What the task asks
Print the data that follows exactly, leaving nothing out.
[[ Provided information open ]]
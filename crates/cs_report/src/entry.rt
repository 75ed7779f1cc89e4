//! The content of a script's line under a plan.
ghost use Rattle.std.specs.Prelude.{◌≡◌, ◌≤◌, IfOk};
ghost use Rattle.cs_table.specs.Text.{decimal};
ghost use Rattle.cs_history.specs.Plan.{first_start};
ghost use Rattle.cs_report.specs.Dates.{day_of, from_on, minute_of};
ghost use Rattle.cs_report.specs.Entries.{Gives, IsLateEnough, entry_of, or_fault};
ghost use Rattle.cs_report.specs.declared.script_fault.ScriptFault.TheVariants.{BadDate, UnknownName};
ghost use Rattle.cs_report.specs.Names.{job_named, job_on, place_of};
ghost use Rattle.cs_report.specs.Script.{is_start};
ghost use Rattle.cs_report.specs.Seen.{entry_seen, form_seen};

use crate::dates::{day_of, minute_of};
use crate::form::Form;
use crate::names::{job_named, job_on, place_of};
use crate::script_fault::ScriptFault;
use cs_civil::{Day, Minute};
use cs_history::{Event, Run};
use cs_plan::Plan;

/// The first minute at which a history may start, 1970-01-04 00:00.
pub(crate) const FIRST_START: u64 = 4_320;

#[derive(Drop)]
pub(crate) enum Entry {
    /// Its minute, and whether it is up.
    Start(Minute, bool),
    /// The index of its job in the anacrontab, and its day.
    Stamp(usize, Day),
    Event(Event),
}

impl Entry {
    pub(crate) fn is_start(&self) -> bool
        ensures { result ≡ is_start (entry_seen self.now) }
    {
        matches!(self, Entry::Start(_, _))
    }
}

fn minute_at(moment: &[u8]) -> Result<Minute, ScriptFault>
    ensures { Gives (λ t. t) result (or_fault BadDate (minute_of moment.now)) }
{
    minute_of(moment).ok_or(ScriptFault::BadDate)
}

fn start_minute(moment: &[u8]) -> Result<Minute, ScriptFault>
    ensures value { Gives (λ t. t) result
        (or_fault BadDate (from_on first_start (minute_of moment.now))) }
    ensures late { IfOk result (λ t. first_start ≤ t) }
{
    let minute = minute_at(moment)?;
    if minute.number() < FIRST_START {
        return Err(ScriptFault::BadDate);
    }
    Ok(minute)
}

fn day_at(date: &[u8]) -> Result<Day, ScriptFault>
    ensures { Gives (λ day. day) result (or_fault BadDate (day_of date.now)) }
{
    day_of(date).ok_or(ScriptFault::BadDate)
}

fn command(plan: &Plan, number: &[u8]) -> Result<u16, ScriptFault>
    ensures { Gives (λ j. j) result (or_fault UnknownName (job_on plan.now (decimal number.now))) }
{
    job_on(plan, number).ok_or(ScriptFault::UnknownName)
}

fn anacron_job(plan: &Plan, identifier: &[u8]) -> Result<u16, ScriptFault>
    ensures { Gives (λ j. j) result (or_fault UnknownName (job_named plan.now identifier.now)) }
{
    job_named(plan, identifier).ok_or(ScriptFault::UnknownName)
}

fn place_at(plan: &Plan, identifier: &[u8]) -> Result<usize, ScriptFault>
    ensures { Gives (λ place. place) result
        (or_fault UnknownName (place_of plan.now identifier.now)) }
{
    place_of(plan, identifier).ok_or(ScriptFault::UnknownName)
}

/// Its date is checked before its name.
pub(crate) fn entry_of(plan: &Plan, form: Form<'_>) -> Result<Entry, ScriptFault>
    ensures value { Gives entry_seen result (entry_of plan.now (form_seen form.entry)) }
    ensures late { IfOk result (λ x. IsLateEnough (entry_seen x)) }
{
    let event = match form {
        Form::Start(moment, up) => return Ok(Entry::Start(start_minute(moment)?, up)),
        Form::Stamp(identifier, date) => {
            let day = day_at(date)?;
            return Ok(Entry::Stamp(place_at(plan, identifier)?, day));
        }
        Form::Minute(moment) => Event::Minute(minute_at(moment)?.number()),
        Form::Up(moment) => Event::Up(minute_at(moment)?.number()),
        Form::Down => Event::Down,
        Form::Begin(number) => Event::Begin(command(plan, number)?),
        Form::Got(number, moment) => {
            let at = minute_at(moment)?;
            Event::Got(command(plan, number)?, at.number())
        }
        Form::Catch(identifier) => Event::Catch(anacron_job(plan, identifier)?),
        Form::EndLine(number, moment) => {
            let at = minute_at(moment)?.number();
            let job = command(plan, number)?;
            Event::End(Run { job, at })
        }
        Form::EndJob(identifier, moment) => {
            let at = minute_at(moment)?.number();
            let job = anacron_job(plan, identifier)?;
            Event::End(Run { job, at })
        }
    };
    Ok(Entry::Event(event))
}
[[ Provided information closed ]]
Response to the task
filename crates/cs_report/src/entry.rt
repository 75ed7779f1cc89e4
//! The content of a script's line under a plan.
ghost use Rattle.std.specs.Prelude.{◌≡◌, ◌≤◌, IfOk};
ghost use Rattle.cs_table.specs.Text.{decimal};
ghost use Rattle.cs_history.specs.Plan.{first_start};
ghost use Rattle.cs_report.specs.Dates.{day_of, from_on, minute_of};
ghost use Rattle.cs_report.specs.Entries.{Gives, IsLateEnough, entry_of, or_fault};
ghost use Rattle.cs_report.specs.declared.script_fault.ScriptFault.TheVariants.{BadDate, UnknownName};
ghost use Rattle.cs_report.specs.Names.{job_named, job_on, place_of};
ghost use Rattle.cs_report.specs.Script.{is_start};
ghost use Rattle.cs_report.specs.Seen.{entry_seen, form_seen};

use crate::dates::{day_of, minute_of};
use crate::form::Form;
use crate::names::{job_named, job_on, place_of};
use crate::script_fault::ScriptFault;
use cs_civil::{Day, Minute};
use cs_history::{Event, Run};
use cs_plan::Plan;

/// The first minute at which a history may start, 1970-01-04 00:00.
pub(crate) const FIRST_START: u64 = 4_320;

#[derive(Drop)]
pub(crate) enum Entry {
    /// Its minute, and whether it is up.
    Start(Minute, bool),
    /// The index of its job in the anacrontab, and its day.
    Stamp(usize, Day),
    Event(Event),
}

impl Entry {
    pub(crate) fn is_start(&self) -> bool
        ensures { result ≡ is_start (entry_seen self.now) }
    {
        matches!(self, Entry::Start(_, _))
    }
}

fn minute_at(moment: &[u8]) -> Result<Minute, ScriptFault>
    ensures { Gives (λ t. t) result (or_fault BadDate (minute_of moment.now)) }
{
    minute_of(moment).ok_or(ScriptFault::BadDate)
}

fn start_minute(moment: &[u8]) -> Result<Minute, ScriptFault>
    ensures value { Gives (λ t. t) result
        (or_fault BadDate (from_on first_start (minute_of moment.now))) }
    ensures late { IfOk result (λ t. first_start ≤ t) }
{
    let minute = minute_at(moment)?;
    if minute.number() < FIRST_START {
        return Err(ScriptFault::BadDate);
    }
    Ok(minute)
}

fn day_at(date: &[u8]) -> Result<Day, ScriptFault>
    ensures { Gives (λ day. day) result (or_fault BadDate (day_of date.now)) }
{
    day_of(date).ok_or(ScriptFault::BadDate)
}

fn command(plan: &Plan, number: &[u8]) -> Result<u16, ScriptFault>
    ensures { Gives (λ j. j) result (or_fault UnknownName (job_on plan.now (decimal number.now))) }
{
    job_on(plan, number).ok_or(ScriptFault::UnknownName)
}

fn anacron_job(plan: &Plan, identifier: &[u8]) -> Result<u16, ScriptFault>
    ensures { Gives (λ j. j) result (or_fault UnknownName (job_named plan.now identifier.now)) }
{
    job_named(plan, identifier).ok_or(ScriptFault::UnknownName)
}

fn place_at(plan: &Plan, identifier: &[u8]) -> Result<usize, ScriptFault>
    ensures { Gives (λ place. place) result
        (or_fault UnknownName (place_of plan.now identifier.now)) }
{
    place_of(plan, identifier).ok_or(ScriptFault::UnknownName)
}

/// Its date is checked before its name.
pub(crate) fn entry_of(plan: &Plan, form: Form<'_>) -> Result<Entry, ScriptFault>
    ensures value { Gives entry_seen result (entry_of plan.now (form_seen form.entry)) }
    ensures late { IfOk result (λ x. IsLateEnough (entry_seen x)) }
{
    let event = match form {
        Form::Start(moment, up) => return Ok(Entry::Start(start_minute(moment)?, up)),
        Form::Stamp(identifier, date) => {
            let day = day_at(date)?;
            return Ok(Entry::Stamp(place_at(plan, identifier)?, day));
        }
        Form::Minute(moment) => Event::Minute(minute_at(moment)?.number()),
        Form::Up(moment) => Event::Up(minute_at(moment)?.number()),
        Form::Down => Event::Down,
        Form::Begin(number) => Event::Begin(command(plan, number)?),
        Form::Got(number, moment) => {
            let at = minute_at(moment)?;
            Event::Got(command(plan, number)?, at.number())
        }
        Form::Catch(identifier) => Event::Catch(anacron_job(plan, identifier)?),
        Form::EndLine(number, moment) => {
            let at = minute_at(moment)?.number();
            let job = command(plan, number)?;
            Event::End(Run { job, at })
        }
        Form::EndJob(identifier, moment) => {
            let at = minute_at(moment)?.number();
            let job = anacron_job(plan, identifier)?;
            Event::End(Run { job, at })
        }
    };
    Ok(Entry::Event(event))
}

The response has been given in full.